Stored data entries

+--

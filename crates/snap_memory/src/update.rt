//! The two halves of an update: the scan whose result it carries, and its publication.
ghost use Rattle.std.specs.Prelude.{◌≡◌, ℕ, ◌+◌, ◌^◌, ◌<◌, ◌≤◌, length};
ghost use Rattle.snap_history.specs.Limits.{IsNumber, IsShort};
ghost use Rattle.snap_register.specs.Seat.{Grows, IsBelow, MayPublish, Shows, number_in, own_of};
ghost use Rattle.snap_memory.specs.Scans.{IsScan, CanScan, TakesLooks, all_of};

use crate::looks::gather;
use snap_register::{Looker, UpdatePhase, View, WriteSeat};
use snap_scan::{MAX_SEGMENTS, SegmentSet};

/// The scan inside an update: returns where the memory is that the update is to carry. That memory
/// has all that was in the history at the first look of this call. The seat may publish one update
/// with it, as long as it makes no further look. Looks are used up: enough for a scan have to be left
/// ([`most_looks`](snap_scan::most_looks)).
pub fn prepare(seat: &mut WriteSeat) -> View
    requires left { CanScan seat.old }
    ensures seen { Grows seat.old seat.new }
    ensures below { IsBelow seat.new }
    ensures scan { IsScan (all_of seat.old) seat.old seat.new result }
    ensures view { MayPublish seat.new result }
    ensures left { TakesLooks seat.old seat.new }
{
    let mut numbers = [0; MAX_SEGMENTS];
    gather(seat, SegmentSet::all(seat.segments()), &mut numbers)
}

/// Publishes an update of the seat's segment to `value`, with the view that [`prepare`] gave, and
/// returns its number. The update is the last that the seat has seen. The seat was told that its store has ended.
pub fn show(seat: &mut WriteSeat, value: &[u8], view: View) -> u64
    requires size { IsShort value.now }
    requires next { IsNumber (number_in seat.old seat.old.seen (own_of seat.old) + 1) }
    requires view { MayPublish seat.old view }
    requires stored { seat.old.phase ≡ UpdatePhase.Stored }
    ensures shown { Shows seat.old seat.new value.now }
    ensures below { IsBelow seat.new }
    ensures number { result ≡ number_in seat.new seat.new.seen (own_of seat.new) }
{
    seat.publish(value, &view)
}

+--

EXERCISE PROMPT
Using the records above, copy every line that has the word "SegmentSet" in it.

OUTPUT FOR THIS TASK
use snap_scan::{MAX_SEGMENTS, SegmentSet};
    gather(seat, SegmentSet::all(seat.segments()), &mut numbers)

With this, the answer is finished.